//! What is found of one arc.

ghost use Rattle.std.specs.Prelude.{◌↔◌, IsTrue, IfOk, OnOk};
ghost use Rattle.maid_model.specs.Graph.{Arc};
ghost use Rattle.maid_model.specs.Nodes.{IsDecision};
ghost use Rattle.maid_model.specs.Relevance.{IsRequisite};
ghost use Rattle.optimum_gap.specs.Baselines.{HoldsBaseline};
ghost use Rattle.info_value.specs.Alone.{CanAsk, HasRoomForArc, IsFoundOfSeen, IsUnseenFoundOf, WouldBeNeeded};
ghost use Rattle.info_value.specs.Shared.{IsShared};

use crate::sharing::Shared;
use arc_laws::arc_removed;
use diagram_graph::{add_arc_in, is_too_large, remove_arc_in};
use optimum_gap::{Baseline, Found, edits_keep_scopes};
use std::alloc::{AllocError, Global};

/// What is found of an arc that is there, whose tail is needed or not. Where it is, the arc is
/// taken out of the copy of the diagram, which is solved, and then the decision is put back.
pub(crate) fn find_seen(
    alloc: Global,
    baseline: &Baseline,
    shared: &mut Shared,
    needed: bool,
    from: usize,
    to: usize,
) -> Result<Found, AllocError>
    requires baseline { HoldsBaseline baseline.now }
    requires shared { IsShared baseline.now.diagram.now shared.old }
    requires decision { IsDecision baseline.now.diagram.now.nodes to }
    requires arc { Arc baseline.now.diagram.now.nodes from to }
    requires needed { IsTrue needed ↔ IsRequisite baseline.now.diagram.now.nodes to from }
    ensures found { IfOk result
        (IsFoundOfSeen baseline.now.diagram.now baseline.now.agent from to) }
    ensures shared { OnOk result (IsShared baseline.now.diagram.now shared.new) }
{
    arc_removed();
    edits_keep_scopes();
    if !needed {
        return Ok(Found::Worthless);
    }
    let _count = baseline.diagram.count();
    let mut less = shared.take_copy(alloc, baseline.diagram)?;
    let seeing = remove_arc_in(alloc, &mut less, from, to)?;
    let kept = shared.keep(alloc, baseline.diagram, &less, to)?;
    let found = baseline.loss(alloc, &less, Some(&kept), &mut shared.left)?;
    less.exchange(to, seeing);
    shared.copy = Some(less);
    Ok(found)
}

/// What is found of an arc that is not there, whose tail would be needed or not. Where it would,
/// the arc is added to the copy of the diagram, which is solved, and then the decision is put back.
pub(crate) fn find_unseen(
    alloc: Global,
    baseline: &Baseline,
    shared: &mut Shared,
    would_need: bool,
    from: usize,
    to: usize,
) -> Result<Found, AllocError>
    requires baseline { HoldsBaseline baseline.now }
    requires shared { IsShared baseline.now.diagram.now shared.old }
    requires asked { CanAsk baseline.now.diagram.now.nodes (from, to) }
    requires absent { Arc baseline.now.diagram.now.nodes from to → ⊥ }
    requires would_need { IsTrue would_need ↔ WouldBeNeeded baseline.now from to }
    ensures found { IfOk result (IsUnseenFoundOf baseline.now from to) }
    ensures graph { IfOk result (HasRoomForArc baseline.now.diagram.now from to) }
    ensures shared { OnOk result (IsShared baseline.now.diagram.now shared.new) }
{
    edits_keep_scopes();
    let _count = baseline.diagram.count();
    if is_too_large(baseline.diagram, from, to) {
        return Ok(Found::TooLarge);
    }
    if !would_need {
        return Ok(Found::Worthless);
    }
    let mut more = shared.take_copy(alloc, baseline.diagram)?;
    let blind = add_arc_in(alloc, &mut more, from, to)?;
    let kept = shared.keep(alloc, baseline.diagram, &more, to)?;
    let found = baseline.gain(alloc, &more, Some(&kept), &mut shared.left)?;
    more.exchange(to, blind);
    shared.copy = Some(more);
    Ok(found)
}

◆ ◆ ◆ ◆

What the exercise asks
The reply must contain each line of the material, reproduced faithfully.

Exercise output
//! What is found of one arc.

ghost use Rattle.std.specs.Prelude.{◌↔◌, IsTrue, IfOk, OnOk};
ghost use Rattle.maid_model.specs.Graph.{Arc};
ghost use Rattle.maid_model.specs.Nodes.{IsDecision};
ghost use Rattle.maid_model.specs.Relevance.{IsRequisite};
ghost use Rattle.optimum_gap.specs.Baselines.{HoldsBaseline};
ghost use Rattle.info_value.specs.Alone.{CanAsk, HasRoomForArc, IsFoundOfSeen, IsUnseenFoundOf, WouldBeNeeded};
ghost use Rattle.info_value.specs.Shared.{IsShared};

use crate::sharing::Shared;
use arc_laws::arc_removed;
use diagram_graph::{add_arc_in, is_too_large, remove_arc_in};
use optimum_gap::{Baseline, Found, edits_keep_scopes};
use std::alloc::{AllocError, Global};

/// What is found of an arc that is there, whose tail is needed or not. Where it is, the arc is
/// taken out of the copy of the diagram, which is solved, and then the decision is put back.
pub(crate) fn find_seen(
    alloc: Global,
    baseline: &Baseline,
    shared: &mut Shared,
    needed: bool,
    from: usize,
    to: usize,
) -> Result<Found, AllocError>
    requires baseline { HoldsBaseline baseline.now }
    requires shared { IsShared baseline.now.diagram.now shared.old }
    requires decision { IsDecision baseline.now.diagram.now.nodes to }
    requires arc { Arc baseline.now.diagram.now.nodes from to }
    requires needed { IsTrue needed ↔ IsRequisite baseline.now.diagram.now.nodes to from }
    ensures found { IfOk result
        (IsFoundOfSeen baseline.now.diagram.now baseline.now.agent from to) }
    ensures shared { OnOk result (IsShared baseline.now.diagram.now shared.new) }
{
    arc_removed();
    edits_keep_scopes();
    if !needed {
        return Ok(Found::Worthless);
    }
    let _count = baseline.diagram.count();
    let mut less = shared.take_copy(alloc, baseline.diagram)?;
    let seeing = remove_arc_in(alloc, &mut less, from, to)?;
    let kept = shared.keep(alloc, baseline.diagram, &less, to)?;
    let found = baseline.loss(alloc, &less, Some(&kept), &mut shared.left)?;
    less.exchange(to, seeing);
    shared.copy = Some(less);
    Ok(found)
}

/// What is found of an arc that is not there, whose tail would be needed or not. Where it would,
/// the arc is added to the copy of the diagram, which is solved, and then the decision is put back.
pub(crate) fn find_unseen(
    alloc: Global,
    baseline: &Baseline,
    shared: &mut Shared,
    would_need: bool,
    from: usize,
    to: usize,
) -> Result<Found, AllocError>
    requires baseline { HoldsBaseline baseline.now }
    requires shared { IsShared baseline.now.diagram.now shared.old }
    requires asked { CanAsk baseline.now.diagram.now.nodes (from, to) }
    requires absent { Arc baseline.now.diagram.now.nodes from to → ⊥ }
    requires would_need { IsTrue would_need ↔ WouldBeNeeded baseline.now from to }
    ensures found { IfOk result (IsUnseenFoundOf baseline.now from to) }
    ensures graph { IfOk result (HasRoomForArc baseline.now.diagram.now from to) }
    ensures shared { OnOk result (IsShared baseline.now.diagram.now shared.new) }
{
    edits_keep_scopes();
    let _count = baseline.diagram.count();
    if is_too_large(baseline.diagram, from, to) {
        return Ok(Found::TooLarge);
    }
    if !would_need {
        return Ok(Found::Worthless);
    }
    let mut more = shared.take_copy(alloc, baseline.diagram)?;
    let blind = add_arc_in(alloc, &mut more, from, to)?;
    let kept = shared.keep(alloc, baseline.diagram, &more, to)?;
    let found = baseline.gain(alloc, &more, Some(&kept), &mut shared.left)?;
    more.exchange(to, blind);
    shared.copy = Some(more);
    Ok(found)
}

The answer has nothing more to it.